The *actual bug* that triggered this latest firestorm of commentary
(from experts and non-experts alike) had *nothing* to do with user
code calling os.urandom, and instead was a combination of:

- CPython startup requesting cryptographically secure randomness when
it didn't need it
- a systemd init script written in Python running before the kernel
RNG was fully initialised

That created a deadlock between CPython startup and the rest of the
Linux init process, so the latter only continued when the systemd
watchdog timed out and killed the offending script. As others have
noted, this kind of deadlock scenario is generally impossible on other
operating systems, as the operating system doesn't provide a way to
run Python code before the random number generator is ready.

The change Victor made in 3.5.2 to fall back to reading /dev/urandom
directly if the getrandom() syscall returns EAGAIN (effectively
reverting to the Python 3.4 behaviour) was the simplest possible fix
for that problem (and an approach I thoroughly endorse, both for 3.5.2
and for the life of the 3.5 series), but that doesn't make it the
right answer for 3.6+.

To repeat: the problem encountered was NOT due to user code calling
os.urandom(), but rather due to the way CPython initialises its own
internal hash algorithm at interpreter startup. However, due to the
way CPython is currently implemented, fixing the regression in that
not only changed the behaviour of CPython startup, it *also* changed
the behaviour of every call to os.urandom() in Python 3.5.2+.

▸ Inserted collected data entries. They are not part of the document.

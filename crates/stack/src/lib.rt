// A stack over a slice that its user lends: it never allocates, so how much it holds is the lender's choice.
// One stack for every element type: contracts speak of the list that it holds, `items` with the bottom first
// and `tops` with the top first.
#![tactic(auto)]

ghost use Rattle.std.specs.Prelude.{◌≡◌, ℕ, ◌+◌, ◌-◌, ◌*◌, ◌/◌, ◌%◌, ◌^◌, ◌<◌, ◌≤◌, List, [], ◌∷◌, ◌++◌, reverse, length, take, drop, Some, None, Ok, Err, slice_set};
ghost use Rattle.std.specs.List.{slice_get};
ghost use Rattle.stack.specs.Items.{items, tops, room_of, slice_of, loan_of};

mod full;

pub use full::Full;
use std::mem;

// The entries are the first `len` of the lent slice, or all of it where `len` is past its end: so every
// value of this type has a meaning, and a struct may hold a stack by value.
#[derive(Drop)]
pub struct Stack<'a, T> {
    lent: &'a mut [T],
    len: usize,
}

impl<'a, T: Copy> Stack<'a, T> {
    // An empty stack with room for as many entries as `lent` has.
    pub fn new(lent: &'a mut [T]) -> Stack<'a, T>
        ensures items { items result ≡ [] }
        ensures tops { tops result ≡ [] }
        ensures room { room_of result ≡ length lent.old }
        ensures slice { slice_of result ≡ lent.old }
        ensures loan { loan_of result ≡ lent.entry.ghost_name }
    {
        Stack { lent, len: 0 }
    }

    // A stack whose entries are the first `len` of `lent`, or all of them where it has fewer. Whoever may keep
    // only a number, with the slice beside it, makes such a stack for as long as one access takes.
    pub fn with_len(lent: &'a mut [T], len: usize) -> Stack<'a, T>
        ensures items { items result ≡ take len lent.old }
        ensures tops { tops result ≡ reverse (take len lent.old) }
        ensures room { room_of result ≡ length lent.old }
        ensures slice { slice_of result ≡ lent.old }
        ensures loan { loan_of result ≡ lent.entry.ghost_name }
    {
        Stack { lent, len }
    }

    // How many entries it holds.
    pub fn len(&self) -> usize
        ensures items { result ≡ length (items self.now) }
        ensures tops { result ≡ length (tops self.now) }
        ensures within { result ≤ room_of self.now }
    {
        self.len.min(self.lent.len())
    }

    // How many entries there is place for in all.
    pub fn room(&self) -> usize
        ensures { result ≡ room_of self.now }
    {
        self.lent.len()
    }

    // (`room`, `slice` and `loan` are clauses of each call that changes the stack: what a call leaves as it was is no fact of one value.)
    // `x` goes on top, unless all room is used: then nothing changes.
    pub fn push(&mut self, x: T) -> Result<(), Full>
        ensures fits { elim result [ Ok _ ↦ length (tops self.old) < room_of self.old | Err _ ↦ length (tops self.old) ≡ room_of self.old ] }
        ensures items { elim result [ Ok _ ↦ items self.new ≡ items self.old ++ x ∷ [] | Err _ ↦ items self.new ≡ items self.old ] }
        ensures tops { elim result [ Ok _ ↦ tops self.new ≡ x ∷ tops self.old | Err _ ↦ tops self.new ≡ tops self.old ] }
        ensures room { room_of self.new ≡ room_of self.old }
        ensures slice { elim result [ Ok _ ↦ slice_of self.new ≡ slice_set (slice_of self.old) (length (items self.old)) x | Err _ ↦ slice_of self.new ≡ slice_of self.old ] }
        ensures loan { loan_of self.new ≡ loan_of self.old }
    {
        if self.len >= self.lent.len() {
            return Err(Full);
        }
        self.lent[self.len] = x;
        self.len += 1;
        Ok(())
    }

    // The top leaves.
    pub fn pop(&mut self) -> Option<T>
        ensures items { elim result [ Some x ↦ items self.old ≡ items self.new ++ x ∷ [] | None ↦ (items self.old ≡ []) × (items self.new ≡ []) ] }
        ensures tops { elim result [ Some x ↦ tops self.old ≡ x ∷ tops self.new | None ↦ (tops self.old ≡ []) × (tops self.new ≡ []) ] }
        ensures room { room_of self.new ≡ room_of self.old }
        ensures slice { slice_of self.new ≡ slice_of self.old }
        ensures loan { loan_of self.new ≡ loan_of self.old }
    {
        let i = self.len().checked_sub(1)?;
        self.len = i;
        Some(self.lent[i])
    }

    // The entry that lies `depth` below the top, where there is one.
    pub fn at_depth(&self, depth: usize) -> Option<T>
        ensures { result ≡ slice_get (tops self.now) depth }
    {
        let n = self.len();
        if depth >= n {
            return None;
        }
        let place = n - 1 - depth;
        Some(self.lent[place])
    }

    // The newest entry, where there is one.
    pub fn top(&self) -> Option<T>
        ensures { result ≡ slice_get (tops self.now) 0 }
    {
        self.at_depth(0)
    }

    // `x` takes the place of the entry that lies `depth` below the top. The answer is what stood there: where
    // nothing did, nothing changes.
    pub fn replace_at_depth(&mut self, depth: usize, x: T) -> Option<T>
        ensures old { result ≡ slice_get (tops self.old) depth }
        ensures items { elim result [ Some _ ↦ items self.new ≡ slice_set (items self.old) (length (items self.old) - 1 - depth) x | None ↦ items self.new ≡ items self.old ] }
        ensures tops { tops self.new ≡ slice_set (tops self.old) depth x }
        ensures room { room_of self.new ≡ room_of self.old }
        ensures slice { elim result [ Some _ ↦ slice_of self.new ≡ slice_set (slice_of self.old) (length (items self.old) - 1 - depth) x | None ↦ slice_of self.new ≡ slice_of self.old ] }
        ensures loan { loan_of self.new ≡ loan_of self.old }
    {
        let n = self.len();
        if depth >= n {
            return None;
        }
        let i = n - 1 - depth;
        Some(mem::replace(&mut self.lent[i], x))
    }

    // `x` takes the place of the newest entry. The answer is what stood there: where nothing did, nothing changes.
    pub fn replace_top(&mut self, x: T) -> Option<T>
        ensures old { result ≡ slice_get (tops self.old) 0 }
        ensures items { elim result [ Some _ ↦ items self.new ≡ slice_set (items self.old) (length (items self.old) - 1) x | None ↦ items self.new ≡ items self.old ] }
        ensures tops { tops self.new ≡ slice_set (tops self.old) 0 x }
        ensures room { room_of self.new ≡ room_of self.old }
        ensures slice { elim result [ Some _ ↦ slice_of self.new ≡ slice_set (slice_of self.old) (length (items self.old) - 1) x | None ↦ slice_of self.new ≡ slice_of self.old ] }
        ensures loan { loan_of self.new ≡ loan_of self.old }
    {
        self.replace_at_depth(0, x)
    }

    // The oldest `len` entries stay; all of them where it holds fewer.
    pub fn truncate(&mut self, len: usize)
        ensures items { items self.new ≡ take len (items self.old) }
        ensures tops { tops self.new ≡ drop (length (items self.old) - len) (tops self.old) }
        ensures room { room_of self.new ≡ room_of self.old }
        ensures slice { slice_of self.new ≡ slice_of self.old }
        ensures loan { loan_of self.new ≡ loan_of self.old }
    {
        self.len = self.len.min(len);
    }

    // The newest `count` entries leave; all of them where it holds fewer.
    pub fn cut(&mut self, count: usize)
        ensures items { items self.new ≡ take (length (items self.old) - count) (items self.old) }
        ensures tops { tops self.new ≡ drop count (tops self.old) }
        ensures room { room_of self.new ≡ room_of self.old }
        ensures slice { slice_of self.new ≡ slice_of self.old }
        ensures loan { loan_of self.new ≡ loan_of self.old }
    {
        let n = self.len();
        self.truncate(n.saturating_sub(count));
    }

    // The loan ends, and the lent slice comes back.
    pub fn into_slice(self) -> &'a mut [T]
        ensures slice { result.now ≡ slice_of self.entry }
        ensures loan { result.ghost_name ≡ loan_of self.entry }
    {
        let Stack { lent, len: _ } = self;
        lent
    }
}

For 3.6+, we can instead make it so that the only things that actually
rely on cryptographic quality randomness being available are:

- calling a secrets module API
- calling a random.SystemRandom method
- calling os.urandom directly

These are all APIs that were either created specifically for use in
security sensitive situations (secrets module), or have long been
documented (both within our own documentation, and in third party
documentation, books and Q&A sites) as being an appropriate choice for
use in security sensitive situations (os.urandom and
random.SystemRandom).

However, we don't need to make those block waiting for randomness to
be available - we can update them to raise BlockingIOError instead
(which makes it trivial for people to decide for themselves how they
want to handle that case).

Along with that change, we can make it so that starting the
interpreter will never block waiting for cryptographic randomness to
be available (since it doesn't need it), and importing the random
module won't block waiting for it either.

To the best of our knowledge, on all operating systems other than
Linux, encountering the new exception will still be impossible in
practice, as there is no known opportunity to run Python code before
the kernel random number generator is ready.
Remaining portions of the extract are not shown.